Terry Esslinger wrote on 2/12/2009, 9:30 AM
Unless you held your camera sideways when you filmed the video will be captured right side up. If you put the clip on a time line and it is sideways then an Fx is or pan/crop or track motion change has been made. If all clips placed on a track are that way the problem is probably in the track header. Check all the settings. If jus certain clips are that way then for some reason some setting in that clip has been changed. Is either the pan/crop sign or the Fx sign turned green? If so something is applied. You'll have to root it out.
Chienworks wrote on 2/12/2009, 2:57 PM
I would guess the most likely cause is tipping the camera. Some inexperienced* videographers will do this because they want an image that is taller than it is wide (take THAT, all you 16:9 advocates! muahahahaha), and this is the way to do that when shooting still images. It doesn't occur to them that people aren't going to rotate the television screen for those shots.
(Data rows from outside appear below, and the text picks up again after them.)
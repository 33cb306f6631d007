//! The table texts of a job: read, joined to one text, and the place of a line in it.
ghost use Rattle.std.specs.Prelude.{◌≡◌, IfOk, IfErr, List, ℕ, count_by, map, option_map};
ghost use Rattle.std.specs.Prelude.{string_bytes};
ghost use Rattle.program_jobs.specs.Failing.{IsReadFailure, IsTablesFailure};
ghost use Rattle.program_jobs.specs.Output.{IsTablesRefusal, LoadsTables};
ghost use Rattle.program_jobs.specs.Texts.{AreRead, IsTextOf, as_one, is_line_feed, is_only};
ghost use Rattle.program_jobs.specs.Texts.{named_text, named_texts, own_line, said_line, source_of};
ghost use Rattle.program_jobs.specs.Texts.{sources_of};

use crate::acting::contents;
use crate::failure::Failure;
use std::alloc::{AllocError, Allocator, Global};
use std::io::Read;
use wl_sigs::{TableFault, Tables};

/// A file with a table text.
#[derive(Debug, Drop)]
pub struct TablesFile<'a, T> {
    /// The name by which a failure reports it.
    pub name: &'a str,
    /// What reads it.
    pub file: T,
}

/// A table text that was read, and the name of its file.
#[derive(Debug, Drop)]
struct ReadText<'a, A: Allocator> {
    name: &'a str,
    bytes: Vec<u8, A>,
}

/// The core tables, extended by the texts in these files, if there are any.
///
/// The texts are read in their order and joined. `given` are the words of the command line that
/// name them.
pub(crate) fn load_tables<'a, A: Allocator + Clone, T: Read + Drop>(
    alloc: A,
    global: Global,
    given: &[String],
    files: Vec<TablesFile<'a, T>>,
) -> Result<Tables, Failure<'a>>
    ensures loaded { IfOk result
        (λ tables. LoadsTables (sources_of T.remaining files.entry.items) tables) }
    ensures refused { IfErr result (IsTablesRefusal (map string_bytes given.now)
        (sources_of T.remaining files.entry.items)) }
{
    let core = Tables::core(global)?;
    if files.is_empty() {
        return Ok(core);
    }
    let texts = read_all(alloc.clone()?, files)?;
    let text = as_one(alloc, &texts)?;
    match core.read_more(&text) {
        Ok(tables) => Ok(tables),
        Err(fault) => Err(failure_of(given, &texts, fault)),
    }
}

/// The texts in the files, in their order.
fn read_all<'a, A: Allocator + Clone, T: Read + Drop>(
    alloc: A,
    files: Vec<TablesFile<'a, T>>,
) -> Result<Vec<ReadText<'a, A>, A>, Failure<'a>>
    ensures read { IfOk result (λ texts. AreRead (sources_of T.remaining files.entry.items)
        (named_texts texts.items)) }
    ensures refused { (given : List (List ℕ)) → IfErr result
        (IsTablesRefusal given (sources_of T.remaining files.entry.items)) }
{
    let mut texts = Vec::new(alloc.clone()?);
    'files: for file in files {
        texts.push(read_one(alloc.clone()?, file)?)?;
    }
    Ok(texts)
}

/// The text in a file.
fn read_one<'a, A: Allocator, T: Read + Drop>(
    alloc: A,
    file: TablesFile<'a, T>,
) -> Result<ReadText<'a, A>, Failure<'a>>
    ensures read { IfOk result
        (λ text. IsTextOf (source_of T.remaining file.entry) (named_text text)) }
    ensures refused { IfErr result
        (IsReadFailure file.entry.name.now (T.remaining file.entry.file)) }
{
    let TablesFile { name, mut file } = file;
    let bytes = contents(alloc, name, &mut file)?;
    Ok(ReadText { name, bytes })
}

/// The texts, joined with a line feed between each two.
fn as_one<A: Allocator>(alloc: A, texts: &[ReadText<'_, A>]) -> Result<Vec<u8, A>, AllocError>
    ensures { IfOk result (λ whole. whole.items ≡ as_one (named_texts texts.now)) }
{
    let mut whole = Vec::new(alloc);
    let Some((first, others)) = texts.split_first() else {
        return Ok(whole);
    };
    whole.extend_from_slice(&first.bytes)?;
    'texts: for text in others {
        whole.push(b'\n')?;
        whole.extend_from_slice(&text.bytes)?;
    }
    Ok(whole)
}

/// The failure for a fault of the joined text, by the file and its line.
fn failure_of<'a, A: Allocator>(
    given: &[String],
    texts: &[ReadText<'a, A>],
    fault: TableFault,
) -> Failure<'a>
    ensures { IsTablesFailure (map string_bytes given.now) (named_texts texts.now) fault result }
{
    match fault {
        TableFault::BadLine { line } => {
            let (file, line) = said_line(given, texts, line);
            Failure::BadTablesLine { file, line }
        }
        TableFault::BadTable { line, rule } => {
            let (file, line) = said_line(given, texts, line);
            Failure::BreaksRule { file, line, rule }
        }
        TableFault::Memory => Failure::Memory,
    }
}

/// How a failure names a line of the joined text: by its file, unless the command line names only
/// that file, and by the line in it.
fn said_line<'a, A: Allocator>(
    given: &[String],
    texts: &[ReadText<'a, A>],
    line: usize,
) -> (Option<&'a str>, usize)
    ensures { (option_map (λ name. name.now) result.0, result.1)
        ≡ said_line (map string_bytes given.now) (named_texts texts.now) line }
{
    if is_only(given, texts) {
        return (None, line);
    }
    let (name, own) = own_line(texts, line);
    (Some(name), own)
}

/// One text was read, and its file is the only word of the command line.
fn is_only<A: Allocator>(given: &[String], texts: &[ReadText<'_, A>]) -> bool
    ensures { result ≡ is_only (map string_bytes given.now) (named_texts texts.now) }
{
    match (given, texts) {
        ([word], [text]) => word.as_str() == text.name,
        _ => false,
    }
}

/// Which file a line of the joined text is from, and which line of that file it is.
fn own_line<'a, A: Allocator>(texts: &[ReadText<'a, A>], line: usize) -> (&'a str, usize)
    ensures { (result.0.now, result.1) ≡ own_line (named_texts texts.now) line }
{
    let mut left = line;
    'texts: for text in texts {
        let behind = left.saturating_sub(line_feeds(&text.bytes));
        if behind <= 1 {
            return (text.name, left);
        }
        left = behind - 1;
    }
    ("", left)
}

fn line_feeds(bytes: &[u8]) -> usize
    ensures { result ≡ count_by is_line_feed bytes.now }
{
    bytes.iter().filter(|byte| is_line_feed(**byte)).count()
}

fn is_line_feed(byte: u8) -> bool
    ensures { result ≡ is_line_feed byte }
{
    byte == b'\n'
}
In any case, pan/crop is the way to fix this. If the camera was rotated then use pan/crop to unrotate the image. If the image was rotated with pan/crop, then turn off the pan/crop rotation.

*I'll note that some very experienced videographers might do this too for artistic effect.
richard-amirault wrote on 2/12/2009, 5:59 PM
Some inexperienced* videographers will do this because they want an image that is taller than it is wide

Been there, done that, have the t-shirt :-(

But that was a long time ago .. and have never done it since.